The belair (or bélè) is an old creole drum dance that, like the kalenda, contributed to the evolution of calypso. The genre is known in all the French Creole speaking islands of the Eastern Caribbean, and Lomax recorded variants in seven of the twelve territories he visited in 1962. The belair in Trinidad developed as a local secular festival presided over by an elected King and Queen (in the manner of Fancy Carnival bands during the early 1900s), with the drummers housed in traditional temporary structures made from palm fronds—precursors of the calypso tent. Then as now, women dancers wore elaborate creole costumes; similarly, the men were smartly dressed. Like calypso, belair texts often contain social commentary. Led by Mickey Bentic, the belair group recorded by Lomax in 1962 was formally trained, although one of the drummers played at the kalenda session in the same vicinity (Mayaro Bay). The rhythmic “We Yo Ka Monte, Sewe!” represents part of their repertoire of traditional dances.

Mickey Bentic

Illo Monté Que 'Way? (We Yo Ka Monte, Sewe!)


Such tunes formed a reserve from which calypsos were composed. Alfred Codallo's special string band dipped into this pool of melodies for a traditional paseo that the musicians identified as “Ram Goat Baptism,” a highly popular calypso from the late 1940s. Composed and recorded by The Wonder (Victor Attwell) (originally issued in 1949 on Kiskidee 5004 with accompaniment by George Mootoo & His Orchestra), this song tells of a scandal associated with Brother Willie (Joseph King) of the Spiritual Baptist Church—then a proscribed organization. The lyrics to this song give an idea of the mockery and ribald satire associated with the genre.


Recorded at the home of the director of the Folksong Recording Project.

The use of the word kalenda to denote fighting activity seems to date from the late-nineteenth century. The term represents music to accompany quarter-staff dueling and by extension the dueling itself.

As late as the 1910s, stick fighters were considered part of the diametre, or underworld, and treated accordingly by the authorities. Life was held cheaply in this milieu, and incarceration and/or early death were common.

Stick fighting
Throwing the Wanga

The spiritual practice of obeah, also known in Trinidad as wanga, is an element of African-diaspora tradition that became commonplace throughout the West Indies. The stick fighters used wanga in the preparation of their fighting implements. Cut from tropical hardwoods such as anaré, poui, and gasparee, ritually treated sticks were buried in graveyards for a set period before use. 

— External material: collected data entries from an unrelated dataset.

ghost use Rattle.std.specs.Prelude.{◌≡◌, ◌<◌, ◌*◌, false, length, min, replicate, slice_set, true, IfOk, IsTrue};
ghost use Rattle.error_types.specs.inner.Rows.{either, has_bit, numbers_in};
ghost use Rattle.error_types.specs.inner.Words.{Joins, bit_in, with_bit};

use plain_values::{List, Mem};
use std::alloc::Global;
use std::marker::Model;

/// Of the numbers below a count, which are there. Contracts see for each number whether it is.
#[derive(Drop)]
pub(crate) struct Row {
    count: u32,
    words: Vec<u64>,
}

impl Model for Row {
    ghost use Rattle.std.specs.Prelude.{◌≤◌, ◌*◌, List, Bool, length};
    ghost use Rattle.error_types.specs.inner.Words.{bits_of};

    ghost Value = { List Bool };

    ghost view = { λ r. bits_of r.count r.words.items };

    ghost invariant = { λ r. r.count ≤ 64 * length r.words.items };
}

impl Row {
    /// None of so many numbers.
    pub(crate) fn new(alloc: Global, count: u32) -> Mem<Row>
        ensures { IfOk result (λ row. row ≡ replicate count false) }
    {
        Ok(Row {
            count,
            words: zeros(alloc, count as usize / 64 + 1)?,
        })
    }

    /// The same numbers again.
    pub(crate) fn copy(&self, alloc: Global) -> Mem<Row>
        ensures { IfOk result (λ row. row ≡ self.now) }
    {
        Ok(Row {
            count: self.count,
            words: Vec::from_slice(alloc, self.words.as_slice())?,
        })
    }

    /// Whether it is the same as another.
    pub(crate) fn is(&self, other: &Row) -> bool
        ensures { IsTrue result → self.now ≡ other.now }
    {
        self.count == other.count && self.words.as_slice() == other.words.as_slice()
    }

    /// Whether a number is there.
    pub(crate) fn has(&self, number: u32) -> bool
        ensures { result ≡ has_bit self.now number }
    {
        number < self.count && has_bit(self.words.as_slice(), number)
    }

    /// Puts a number into the row.
    pub(crate) fn put(&mut self, number: u32)
        requires { number < length self.old }
        ensures { self.new ≡ slice_set self.old number true }
    {
        put_bit(self.words.as_mut_slice(), number);
    }

    /// Puts the numbers of another row, of as many numbers, into this.
    pub(crate) fn join(&mut self, other: &Row)
        ensures { length other.now ≡ length self.old → self.new ≡ either self.old other.now }
    {
        join_words(self.words.as_mut_slice(), other.words.as_slice());
    }

    /// The numbers that are there, rising.
    pub(crate) fn numbers(&self, alloc: Global) -> Mem<List<u32>>
        ensures { IfOk result (λ numbers. numbers ≡ numbers_in self.now) }
    {
        let mut numbers = List::new(alloc);
        for number in 0..self.count {
            let is_there = has_bit(self.words.as_slice(), number);
            numbers.push_if(number, is_there)?;
        }
        Ok(numbers)
    }
}

/// So many words without a bit.
fn zeros(alloc: Global, count: usize) -> Mem<Vec<u64>>
    ensures { IfOk result (λ words. words.items ≡ replicate count 0) }
{
    Ok(vec![in alloc; 0u64; count]?)
}

/// Puts the bits of the words of another row into these, as far as both go.
fn join_words(words: &mut [u64], other: &[u64])
    ensures { Joins words.old other.now words.new (min (length words.old) (length other.now)) }
{
    let both = words.len().min(other.len());
    for place in 0..both {
        words[place] |= other[place];
    }
}

/// Puts the bit of a number into words.
fn put_bit(words: &mut [u64], number: u32)
    requires { number < 64 * length words.old }
    ensures { words.new ≡ with_bit words.old number }
{
    words[number as usize / 64] |= 1 << (number % 64);
}

/// Whether words have the bit of a number.
fn has_bit(words: &[u64], number: u32) -> bool
    requires { number < 64 * length words.now }
    ensures { result ≡ bit_in words.now number }
{
    (words[number as usize / 64] >> (number % 64)) & 1 == 1
}
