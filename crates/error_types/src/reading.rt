ghost use Rattle.std.specs.Prelude.{◌≡◌, IfOk, OnOk, option_to_list};
ghost use Rattle.noted_refusals.specs.inner.Noted.{noting};
ghost use Rattle.error_types.specs.Types.{denoted};
ghost use Rattle.error_types.specs.Walk.{set_first};

use crate::table::TypeTable;
use aadl_syntax::TypeSet;
use error_libraries::Scope;
use noted_refusals::Refusals;
use plain_values::{FirstRefusal, List, Mem};
use std::alloc::Global;

/// What is read of the error texts of a model: the types that they may name, and the refusals that are noted.
#[derive(Drop)]
pub struct Reading<'i, 'a> {
    pub types: TypeTable<'i, 'a>,
    pub refusals: Refusals,
}

impl<'i, 'a> Reading<'i, 'a> {
    /// A reading with these types, whose refusals are noted here.
    pub fn new(types: TypeTable<'i, 'a>, refusals: Refusals) -> Reading<'i, 'a>
        ensures { result ≡ record { types = types.entry; refusals = refusals } }
    {
        Reading { types, refusals }
    }

    /// The types that a written set denotes in a text, rising. Its first refusal is noted: N2, N7, N8 and P4 of its terms.
    pub fn denote(&mut self, alloc: Global, scope: &Scope, set: &'a TypeSet) -> Mem<List<u32>>
        ensures kept { self.new.types ≡ self.old.types }
        ensures denoted { IfOk result (λ types. types ≡ denoted self.old.types scope.now set.now) }
        ensures noted { OnOk result (self.new.refusals ≡ noting self.old.refusals (option_to_list (set_first self.old.types scope.now set.now))) }
    {
        let mut first = FirstRefusal::new();
        let types = self.types.denote(alloc, scope, set, &mut first)?;
        self.refusals.note_some(first.noted());
        Ok(types)
    }
}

In administrative moves to curtail the bands, canboulay, and drumming during Carnival parades were prohibited from 1884; drums at dances were also controlled by license. This limited the form of rhythmic accompaniment for stick bouts, and an extraordinary substitute was found, probably in the 1890s, in the form of stamping tubes, known as tamboo bamboo (or bamboo tamboo). These comprise a consort of three types of bamboo tubes, distinct in length and diameter, through which the air moves to produce notes of different timbre when the tubes are pounded on the ground. Sticks struck against the sides of the tubes and bottles beaten with spoons provide extra resonance. Stick-fighting kalenda and tamboo bamboo represent the defiant and sometimes violent extremity of Black Creole society that did not conform with colonial notions of decorum. The units are precursors of contemporary Trinidad steel bands. In Port of Spain players of the boom or bass bamboo would strike their instruments on the metal tracks of the streetcar lines, which augmented the resonance and defiant message of both lyrics and music.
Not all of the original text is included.